**TASK OBJECTIVE**
Filter the data for "WireError" and copy matching lines.

** Opening RECORDS FOR THIS TASK block **

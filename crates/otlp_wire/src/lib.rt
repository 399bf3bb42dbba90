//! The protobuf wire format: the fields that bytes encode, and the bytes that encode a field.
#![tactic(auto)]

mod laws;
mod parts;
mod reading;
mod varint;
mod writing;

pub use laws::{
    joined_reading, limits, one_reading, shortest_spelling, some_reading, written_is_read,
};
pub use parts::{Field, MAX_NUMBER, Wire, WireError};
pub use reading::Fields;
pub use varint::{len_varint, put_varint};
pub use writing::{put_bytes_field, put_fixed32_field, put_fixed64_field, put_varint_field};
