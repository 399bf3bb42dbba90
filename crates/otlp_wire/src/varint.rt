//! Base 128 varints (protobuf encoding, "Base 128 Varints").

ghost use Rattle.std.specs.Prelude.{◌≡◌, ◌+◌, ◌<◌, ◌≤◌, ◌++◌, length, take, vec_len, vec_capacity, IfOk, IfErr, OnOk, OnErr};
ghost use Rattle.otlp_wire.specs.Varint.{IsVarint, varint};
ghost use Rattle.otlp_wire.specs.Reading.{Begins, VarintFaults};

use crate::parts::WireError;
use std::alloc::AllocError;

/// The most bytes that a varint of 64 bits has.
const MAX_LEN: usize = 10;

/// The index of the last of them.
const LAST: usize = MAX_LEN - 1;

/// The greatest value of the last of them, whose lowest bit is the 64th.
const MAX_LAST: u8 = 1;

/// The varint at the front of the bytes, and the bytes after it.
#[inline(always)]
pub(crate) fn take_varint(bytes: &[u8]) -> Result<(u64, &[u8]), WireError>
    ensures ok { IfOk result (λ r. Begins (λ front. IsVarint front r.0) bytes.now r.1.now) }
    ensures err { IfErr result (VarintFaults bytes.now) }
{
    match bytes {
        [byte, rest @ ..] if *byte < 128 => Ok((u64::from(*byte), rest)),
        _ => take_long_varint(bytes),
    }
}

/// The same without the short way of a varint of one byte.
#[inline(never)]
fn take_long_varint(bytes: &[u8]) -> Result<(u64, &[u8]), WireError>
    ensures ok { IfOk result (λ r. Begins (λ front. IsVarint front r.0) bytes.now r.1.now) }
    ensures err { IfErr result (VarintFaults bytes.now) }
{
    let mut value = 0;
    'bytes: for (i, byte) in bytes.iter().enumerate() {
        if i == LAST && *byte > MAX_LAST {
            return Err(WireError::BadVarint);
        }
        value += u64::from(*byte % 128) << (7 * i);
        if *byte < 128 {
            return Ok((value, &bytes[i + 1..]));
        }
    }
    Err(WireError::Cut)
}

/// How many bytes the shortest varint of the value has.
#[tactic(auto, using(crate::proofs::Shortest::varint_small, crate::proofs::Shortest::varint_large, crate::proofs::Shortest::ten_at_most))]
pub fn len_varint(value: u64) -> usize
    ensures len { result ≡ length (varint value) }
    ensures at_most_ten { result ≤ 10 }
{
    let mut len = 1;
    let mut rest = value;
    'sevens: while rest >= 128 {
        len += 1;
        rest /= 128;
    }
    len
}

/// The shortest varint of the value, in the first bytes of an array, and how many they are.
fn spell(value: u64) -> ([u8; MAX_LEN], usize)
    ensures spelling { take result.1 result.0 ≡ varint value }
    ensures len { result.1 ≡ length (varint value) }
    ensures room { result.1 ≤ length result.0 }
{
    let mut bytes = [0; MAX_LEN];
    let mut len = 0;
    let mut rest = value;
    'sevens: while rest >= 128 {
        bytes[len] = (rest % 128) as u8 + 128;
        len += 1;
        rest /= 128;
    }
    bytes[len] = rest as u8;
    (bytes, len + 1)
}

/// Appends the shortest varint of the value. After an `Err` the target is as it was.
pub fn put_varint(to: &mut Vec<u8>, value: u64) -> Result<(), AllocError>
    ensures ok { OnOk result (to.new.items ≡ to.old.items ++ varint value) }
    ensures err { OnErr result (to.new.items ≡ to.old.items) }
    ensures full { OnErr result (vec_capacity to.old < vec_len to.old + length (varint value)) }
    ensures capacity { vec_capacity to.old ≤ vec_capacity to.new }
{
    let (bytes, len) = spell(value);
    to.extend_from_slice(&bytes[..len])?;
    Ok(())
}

** Closing RECORDS FOR THIS TASK block **
** Opening RECORDS FOR THIS TASK block **

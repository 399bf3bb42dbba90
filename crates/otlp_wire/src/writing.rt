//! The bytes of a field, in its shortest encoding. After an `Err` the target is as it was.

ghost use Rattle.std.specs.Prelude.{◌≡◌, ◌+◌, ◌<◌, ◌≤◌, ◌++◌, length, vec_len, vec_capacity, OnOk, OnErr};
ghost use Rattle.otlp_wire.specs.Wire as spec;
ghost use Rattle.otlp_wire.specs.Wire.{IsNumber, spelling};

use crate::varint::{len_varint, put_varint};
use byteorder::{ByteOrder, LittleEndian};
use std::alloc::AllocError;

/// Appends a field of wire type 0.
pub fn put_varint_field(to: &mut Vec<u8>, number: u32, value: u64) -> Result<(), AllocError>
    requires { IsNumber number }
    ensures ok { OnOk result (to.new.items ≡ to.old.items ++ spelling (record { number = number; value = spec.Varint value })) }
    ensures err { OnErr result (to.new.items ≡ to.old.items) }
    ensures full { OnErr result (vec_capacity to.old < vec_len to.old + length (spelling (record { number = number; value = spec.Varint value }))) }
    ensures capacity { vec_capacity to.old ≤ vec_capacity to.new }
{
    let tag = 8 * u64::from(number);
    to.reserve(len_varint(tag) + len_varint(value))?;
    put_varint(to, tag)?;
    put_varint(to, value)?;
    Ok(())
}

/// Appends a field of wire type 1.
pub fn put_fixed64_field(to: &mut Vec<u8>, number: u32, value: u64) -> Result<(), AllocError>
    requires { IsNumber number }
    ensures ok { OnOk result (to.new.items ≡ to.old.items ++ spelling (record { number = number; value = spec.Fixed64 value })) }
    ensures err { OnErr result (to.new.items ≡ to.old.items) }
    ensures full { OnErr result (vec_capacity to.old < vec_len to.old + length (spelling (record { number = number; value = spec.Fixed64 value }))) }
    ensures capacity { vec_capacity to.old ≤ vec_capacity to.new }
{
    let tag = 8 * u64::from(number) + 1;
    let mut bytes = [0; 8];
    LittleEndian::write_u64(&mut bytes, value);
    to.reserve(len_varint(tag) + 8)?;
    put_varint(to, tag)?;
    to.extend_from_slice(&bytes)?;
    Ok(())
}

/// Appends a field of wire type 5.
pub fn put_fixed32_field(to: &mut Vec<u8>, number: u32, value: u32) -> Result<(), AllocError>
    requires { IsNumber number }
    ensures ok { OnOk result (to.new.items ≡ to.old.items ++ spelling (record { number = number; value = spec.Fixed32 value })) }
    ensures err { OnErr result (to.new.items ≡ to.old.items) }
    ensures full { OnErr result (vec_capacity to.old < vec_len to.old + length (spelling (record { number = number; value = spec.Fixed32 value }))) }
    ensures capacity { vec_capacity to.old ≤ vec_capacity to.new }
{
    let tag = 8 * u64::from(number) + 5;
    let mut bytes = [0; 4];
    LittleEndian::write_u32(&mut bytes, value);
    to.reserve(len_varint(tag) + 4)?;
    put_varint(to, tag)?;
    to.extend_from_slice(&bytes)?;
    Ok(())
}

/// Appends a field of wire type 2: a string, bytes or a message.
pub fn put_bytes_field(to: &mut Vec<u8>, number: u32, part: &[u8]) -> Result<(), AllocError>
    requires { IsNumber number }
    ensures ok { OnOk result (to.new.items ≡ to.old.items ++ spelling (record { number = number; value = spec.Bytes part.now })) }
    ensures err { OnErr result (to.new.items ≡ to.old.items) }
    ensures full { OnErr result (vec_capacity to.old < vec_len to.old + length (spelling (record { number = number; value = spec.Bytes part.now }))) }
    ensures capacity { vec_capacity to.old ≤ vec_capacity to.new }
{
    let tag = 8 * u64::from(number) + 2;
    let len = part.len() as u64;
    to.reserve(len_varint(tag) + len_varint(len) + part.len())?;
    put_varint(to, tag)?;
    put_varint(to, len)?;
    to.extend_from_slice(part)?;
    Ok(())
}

** Closing RECORDS FOR THIS TASK block **

**TASK ANSWER**
pub use parts::{Field, MAX_NUMBER, Wire, WireError};
use crate::parts::WireError;
pub(crate) fn take_varint(bytes: &[u8]) -> Result<(u64, &[u8]), WireError>
fn take_long_varint(bytes: &[u8]) -> Result<(u64, &[u8]), WireError>
            return Err(WireError::BadVarint);
    Err(WireError::Cut)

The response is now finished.